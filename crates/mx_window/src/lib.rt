//! Windows of one room's list: what stands at the positions after a lower and up to an upper one. The crate has
//! definitions and laws, and no code that runs.
//!
//! `specs/Windows.antt` and `specs/Lasts.antt` have the words that the other crates cite for a room at a position,
//! for the window of a sync reply, for the section of a timeline and for a page (Client-Server API, Syncing, and
//! Getting events for a room).
//!
//! Each law is the contract of a function with an empty body. The one that `limit` rests on is `latest_are_window`:
//! the last `n` items of a window that pass are the passing items of a window. The others join and nest windows, and
//! say what the last item of a key is.
//!
//! Begin with `specs/Windows.antt`, then `laws.rt`. `proofs/` has lemmas on lists that the proofs of other crates
//! use.
#![tactic(auto)]

mod laws;

pub use laws::{
    current_by_key, last_of_joined, latest_are_window, none_passes_after_last, windows_join,
    windows_nest,
};
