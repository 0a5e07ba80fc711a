//! The laws of windows, each as the contract of a function with an empty body.

ghost use Rattle.mx_window.specs.Laws.{WindowsJoin, WindowsNest, LatestAreWindow, LastOfJoined, NonePassesAfterLast, CurrentByKey};

/// A window of a list in order of position is its two halves, joined.
pub fn windows_join<E>()
    ensures { WindowsJoin E }
{}

/// A window of a window is a window of the whole list.
pub fn windows_nest<E>()
    ensures { WindowsNest E }
{}

/// The last `n` passing items of a window are the passing items of a window: of the one that begins right before the
/// first of them. So what a limit leaves of a timeline (Client-Server API, Syncing) is itself a window.
pub fn latest_are_window<E>()
    ensures { LatestAreWindow E }
{}

/// The last passing item of two joined lists is that of the second, or else that of the first.
pub fn last_of_joined<E>()
    ensures { LastOfJoined E }
{}

/// After the last passing item of a window no item of it passes, and where none passes at all the window's lower end
/// stands for that item's position.
pub fn none_passes_after_last<E>()
    ensures { NonePassesAfterLast E }
{}

/// Among the current items (those that no later one of the same key follows) that are picked, the last of a key is
/// the last of that key in the list, if it is picked.
pub fn current_by_key<E>()
    ensures { CurrentByKey E }
{}
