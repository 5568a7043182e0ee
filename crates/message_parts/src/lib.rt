// Pieces of a message that come together, and the list of declared names. A name is given by its place in a tape.
#![tactic(auto)]

ghost use Rattle.std.specs.Prelude.{[], ◌∷◌};
ghost use Rattle.definition.specs.Text.{decimal};
ghost use Rattle.nodes.specs.Node.{name_at};
ghost use Rattle.message_parts.specs.Write.{PutsAll};

use buffer::message::Message;
use nodes::{Name, name_at};
use tape::layout::Tape;

pub mod names;

// A name and what stands behind it.
#[tactic(auto, using(crate::proofs::Writing::two_pieces))]
pub fn named(message: &mut Message, tape: &Tape, name: Name, after: &[u8])
    ensures { PutsAll (name_at tape.now.bytes.now tape.now.layout name ∷ after.now ∷ []) message.old message.new }
{
    message.put(name_at(tape, name));
    message.put(after);
}

// A number and what stands behind it.
#[tactic(auto, using(crate::proofs::Writing::two_pieces))]
pub fn numbered(message: &mut Message, n: u32, after: &[u8])
    ensures { PutsAll (decimal n ∷ after.now ∷ []) message.old message.new }
{
    message.put_number(n);
    message.put(after);
}

// What stands before a name, the name, and what stands behind it.
#[tactic(auto, using(crate::proofs::Writing::behind))]
pub fn around(message: &mut Message, before: &[u8], tape: &Tape, name: Name, after: &[u8])
    ensures { PutsAll (before.now ∷ name_at tape.now.bytes.now tape.now.layout name ∷ after.now ∷ []) message.old message.new }
{
    message.put(before);
    named(message, tape, name, after);
}

// The same with two names, which may be one name twice, and what stands between them.
#[tactic(auto, using(crate::proofs::Writing::joined))]
pub fn around_two(
    message: &mut Message,
    before: &[u8],
    tape: &Tape,
    first: Name,
    between: &[u8],
    second: Name,
    after: &[u8],
)
    ensures { PutsAll (before.now ∷ name_at tape.now.bytes.now tape.now.layout first ∷ between.now ∷ name_at tape.now.bytes.now tape.now.layout second ∷ after.now ∷ []) message.old message.new }
{
    around(message, before, tape, first, between);
    named(message, tape, second, after);
}
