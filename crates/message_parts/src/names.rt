// The declared names, in byte order and each once: the next one is the least name above the last.
ghost use Rattle.std.specs.Prelude.{◌≡◌, [], ◌∷◌};
ghost use Rattle.std.proofs.Math.Option.{none};
ghost use Rattle.definition.specs.Text.{utf8, lt_text};
ghost use Rattle.nodes.specs.Node.{name_at};
ghost use Rattle.buffer.specs.Message.{Puts};
ghost use Rattle.message_parts.specs.Write.{PutsAll};
ghost use Rattle.message_parts.specs.Names.{names_at, spelled, above, below, lower, least_in, rest, mark, list_above};

use buffer::message::Message;
use nodes::{Name, name_at, read_param};
use tape::layout::{Place, Tape};

// The parameters of a definition: where they stand on its tape, and how many they are.
#[derive(Clone, Copy, Debug, PartialEq, Eq)]
pub struct Params {
    pub place: Place,
    pub count: u64,
}

// A match, here and in `is_below`: with `is_none_or`, whose clause is a match of the option itself, the goal stays open (tried, with a
// lemma for the two cases too).
#[tactic(auto, using(crate::proofs::Less::less_texts))]
fn is_above(tape: &Tape, floor: Option<Name>, name: Name) -> bool
    ensures { result ≡ above (spelled tape.now.bytes.now tape.now.layout floor) (name_at tape.now.bytes.now tape.now.layout name) }
{
    match floor {
        Some(f) => name_at(tape, f) < name_at(tape, name),
        None => true,
    }
}

#[tactic(auto, using(crate::proofs::Less::less_texts))]
fn is_below(tape: &Tape, best: Option<Name>, name: Name) -> bool
    ensures { result ≡ below (spelled tape.now.bytes.now tape.now.layout best) (name_at tape.now.bytes.now tape.now.layout name) }
{
    match best {
        Some(b) => name_at(tape, name) < name_at(tape, b),
        None => true,
    }
}

// The least of the names above `floor`, once `name` is looked at too.
#[tactic(auto, unfolding(crate::specs::Names::lower))]
fn lower_of(tape: &Tape, floor: Option<Name>, best: Option<Name>, name: Name) -> Option<Name>
    ensures { spelled tape.now.bytes.now tape.now.layout result ≡ lower (spelled tape.now.bytes.now tape.now.layout floor) (spelled tape.now.bytes.now tape.now.layout best) (name_at tape.now.bytes.now tape.now.layout name) }
{
    if is_above(tape, floor, name) && is_below(tape, best, name) {
        return Some(name);
    }
    best
}

// The loop goes on behind each name, and ends where no parameter stands (`check_parts` says what the other two loops do).
#[tactic(auto, using(crate::proofs::Params::least_next, crate::proofs::Params::least_end, crate::proofs::Params::least_done))]
fn least_above(tape: &Tape, params: Params, floor: Option<Name>) -> Option<Name>
    ensures { spelled tape.now.bytes.now tape.now.layout result ≡ least_in (spelled tape.now.bytes.now tape.now.layout floor) none (names_at tape.now.bytes.now tape.now.layout params.place params.count) }
{
    let mut best = None;
    let mut p = params.place;
    for _ in 0..params.count {
        let Some((name, next)) = read_param(tape, p) else {
            return best;
        };
        best = lower_of(tape, floor, best, name);
        p = next;
    }
    best
}

// `?`, and a comma behind an earlier name.
#[tactic(auto, unfolding(definition::specs::Text::open_text))]
fn put_mark(message: &mut Message, tape: &Tape, floor: Option<Name>)
    ensures { Puts (mark (spelled tape.now.bytes.now tape.now.layout floor)) message.old message.new }
{
    match floor {
        Some(_) => message.put(b", ?"),
        None => message.put(b"?"),
    }
}

// A name behind its mark.
#[tactic(auto, using(crate::proofs::Writing::two_pieces))]
fn put_name(message: &mut Message, tape: &Tape, floor: Option<Name>, name: Name)
    ensures { PutsAll (mark (spelled tape.now.bytes.now tape.now.layout floor) ∷ name_at tape.now.bytes.now tape.now.layout name ∷ []) message.old message.new }
{
    put_mark(message, tape, floor);
    message.put(name_at(tape, name));
}

// The names above `floor`, and the bracket behind them. No `for`: which name comes next is told by the one that was put.
#[tactic(auto, using(crate::proofs::Listing::list_last, crate::proofs::Listing::list_next, crate::proofs::Listing::list_falls), unfolding(definition::specs::Text::open_text))]
pub fn params_above(message: &mut Message, tape: &Tape, params: Params, floor: Option<Name>)
    ensures { PutsAll (list_above (spelled tape.now.bytes.now tape.now.layout floor) (rest (spelled tape.now.bytes.now tape.now.layout floor) (names_at tape.now.bytes.now tape.now.layout params.place params.count)) ∷ utf8 ")" ∷ []) message.old message.new }
{
    let mut last = floor;
    while let Some(name) = least_above(tape, params, last) {
        put_name(message, tape, last, name);
        last = Some(name);
    }
    message.put(b")");
}
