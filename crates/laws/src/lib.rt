#![tactic(auto)]

// Laws about the definitions of `machine` that several rooms cite: a table is sound exactly when it shows a legal machine, one machine
// has one table, a layout is legal, every step keeps a machine legal. Proofs only, no code.
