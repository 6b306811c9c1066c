// The lists that a reader of project texts is lent (document 02, Item 1): whether their lengths fit, and how they are filled.
#![tactic(auto)]

ghost use Rattle.std.specs.Prelude.{ℕ, ◌≤◌, length};
ghost use Rattle.lists.specs.Lists.{◌!◌};
ghost use Rattle.joblist.specs.Limits.{most_jobs};
ghost use Rattle.precedence.specs.Pairs.{coming};
ghost use Rattle.lent.specs.Parts.{RoomSays, Lessened, FilledFrom, Roomy, Wrote};

use precedence::TextPairs;

// The lengths of the six lists.
#[derive(Clone, Copy, Debug, PartialEq, Eq)]
pub struct Sizes {
    pub est: usize,
    pub lct: usize,
    pub dur: usize,
    pub dem: usize,
    pub jobs: usize,
    pub successors: usize,
}

// What the four lists of the jobs are filled from: the longest chains before and after each job, the durations and the demands. It is given by value, as
// it is part of what deciding::decide answers, Decided.
#[derive(Clone, Copy)]
pub struct Draft {
    pub heads: [u32; screen::MOST_JOBS],
    pub tails: [u32; screen::MOST_JOBS],
    pub dur: [u32; screen::MOST_JOBS],
    pub dem: [u32; screen::MOST_JOBS],
}

impl Sizes {
    // Whether the lengths are those wanted for n jobs and m pairs.
    pub fn roomy(self, n: u32, m: usize) -> bool
        ensures { RoomSays self n m result }
    {
        let jobs = n as usize;
        self.est == jobs
            && self.lct == jobs
            && self.dur == jobs
            && self.dem == jobs
            && m <= self.jobs
            && m <= self.successors
    }
}

// The horizon less each chain. By index, since the law of the list that is made, Lessened, is: each place has its own chain. A zip of both was not tried.
fn latest(tails: &[u32; screen::MOST_JOBS], h: u32, to: &mut [u32])
    requires { (length to.old ≤ most_jobs) × ((j : ℕ) → tails.now ! j ≤ h) }
    ensures { Lessened tails.now h to.old to.new }
{
    for (i, x) in to.iter_mut().enumerate() {
        *x = h - tails[i];
    }
}

// The four lists of the jobs: earliest starts, latest ends, durations and demands.
pub fn fill(
    draft: Draft,
    h: u32,
    est: &mut [u32],
    lct: &mut [u32],
    dur: &mut [u32],
    dem: &mut [u32],
)
    requires { ((j : ℕ) → draft.tails ! j ≤ h) × (length est.old ≤ most_jobs) × (length lct.old ≤ most_jobs) × (length dur.old ≤ most_jobs) × (length dem.old ≤ most_jobs) }
    ensures { FilledFrom draft h est.old lct.old dur.old dem.old
        est.new lct.new dur.new dem.new }
{
    windows::restore(&draft.heads, est);
    latest(&draft.tails, h, lct);
    windows::restore(&draft.dur, dur);
    windows::restore(&draft.dem, dem);
}

// The pairs of the text, in its order, where there is room for them. By index, since each pair goes to one place of two lists; zips of both were not tried.
pub fn write_pairs(pairs: TextPairs<'_>, js: &mut [u32], ss: &mut [u32])
    requires { Roomy (coming pairs) js.old ss.old }
    ensures { Wrote (coming pairs.entry) js.old ss.old js.new ss.new }
{
    for (i, (a, b)) in pairs.enumerate() {
        js[i] = a;
        ss[i] = b;
    }
}
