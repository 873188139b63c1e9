ghost use Rattle.std.specs.Prelude.{List};
ghost use Rattle.rm_types.specs.declared.entries.Entry.{Entry};

use rm_types::Entry;
use std::collections::LinkedList;

/// A value that workers hand to one another. That its log is lawful is for its type to say.
pub trait Carries: Drop {
    /// What is the same from a run's beginning to its end, as its settings and its script are.
    type Run;

    /// The run that it is of.
    ghost run: { Self → Self.Run };

    /// Its log, the oldest entry first.
    ghost log: { Self → List Entry };
}

/// What a pass knows. It stands in contracts alone: no value of it is made.
pub struct Known<Run, T> {
    /// The run of its baton. A pass that has ended has none.
    pub run: Option<Run>,
    /// The logs that it has seen, which are those that it took, put or was told of.
    pub seen: LinkedList<LinkedList<Entry>>,
    /// The log that it took or put last; before that, the one of the pass that it was split from.
    pub latest: LinkedList<Entry>,
    /// Whether it has the baton.
    pub has: bool,
    /// Whether it is the store's.
    pub store: bool,
    /// Its parts, of the 2^63 that all passes have together.
    pub parts: u64,
    /// The value that it took last.
    pub taken: Option<T>,
    /// The value that it put last.
    pub given: Option<T>,
}
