//! The rule of the queue, and what each of its steps does to the pass that makes it.
ghost use Rattle.std.specs.Prelude.{◌≡◌, ◌<◌, [], length};
ghost use Rattle.rm_baton.specs.Views.{HasAllParts, Meets, ended, gave, helper, joined, started, took, with_half};

use crate::carries::{Carries, Known};
use crossbeam_queue::protocol::{Join, Lesson, Outcome, Protocol, Split};

// The rule.
pub struct Carrying;

impl<T: Carries> Protocol<T, Known<T::Run, T>> for Carrying {
    ghost use Rattle.rm_baton.specs.Rule.{Carried};
    ghost use Rattle.rm_baton.specs.Views.{opening};

    ghost holds = { Carried T.run T.log };

    ghost first = { opening };
}

// The first put, which begins the run.
pub struct Starts;

impl<T: Carries> Outcome<T, Known<T::Run, T>> for Starts {
    ghost then = { λ v x w. w ≡ started T.run T.log x };
}

// A put. While a pass has the value nothing lies in the queue.
pub struct Gives;

impl<T: Carries> Outcome<T, Known<T::Run, T>> for Gives {
    ghost then = { λ v x w. w ≡ gave T.log v x };
}

impl<T: Carries> Lesson<T, Known<T::Run, T>> for Gives {
    ghost fact = { λ v items. items ≡ [] };
}

// A take. The only pass that is left meets a queue that isn't empty.
pub struct Takes;

impl<T: Carries> Outcome<T, Known<T::Run, T>> for Takes {
    ghost then = { λ v x w. (w ≡ took T.log v x) × Meets T.run T.log v x };
}

impl<T: Carries> Lesson<T, Known<T::Run, T>> for Takes {
    ghost fact = { λ v items. HasAllParts v → 0 < length items };
}

// A new pass for another worker, and the end of one.
pub struct Helps;

impl<Run, T> Split<Known<Run, T>> for Helps {
    ghost left = { with_half };

    ghost right = { helper };
}

impl<Run, T> Join<Known<Run, T>> for Helps {
    ghost both = { joined };

    ghost spent = { ended };
}
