//! The baton: a place for one value with a log, which workers in threads of their own take out, one at a time, and put
//! back. What a worker may do is its pass.
//!
//! It promises, of every schedule of the threads, that each value taken is of the pass's run, and that each log which the
//! pass has seen is a beginning of its log. Only the store's pass adds entries that open, settle or end a life or say
//! what the store did; so what its worker knows of the handed operation lasts from one hold to the next. The only pass
//! that is left finds the value.
//!
//! It stands on `rm_types` for the entries of a log, and on `crossbeam_queue`: the place is a queue of capacity 1 under
//! the rule in `Rule`. `Views` says what a pass knows before and after each call, and `Entries` which entries only the
//! store's pass adds.
#![tactic(auto)]

mod baton;
mod carries;
mod crossing;
mod rule;

pub use baton::{Baton, Pass};
pub use carries::{Carries, Known};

■ Task statement ■
Only lines with the string "struct" belong in the answer; copy each of them from the listing.

■ Expected answer ■
pub struct Params {
pub struct Sizes {
pub struct Draft {
pub struct Known<Run, T> {
pub struct Carrying;
pub struct Starts;
pub struct Gives;
pub struct Takes;
pub struct Helps;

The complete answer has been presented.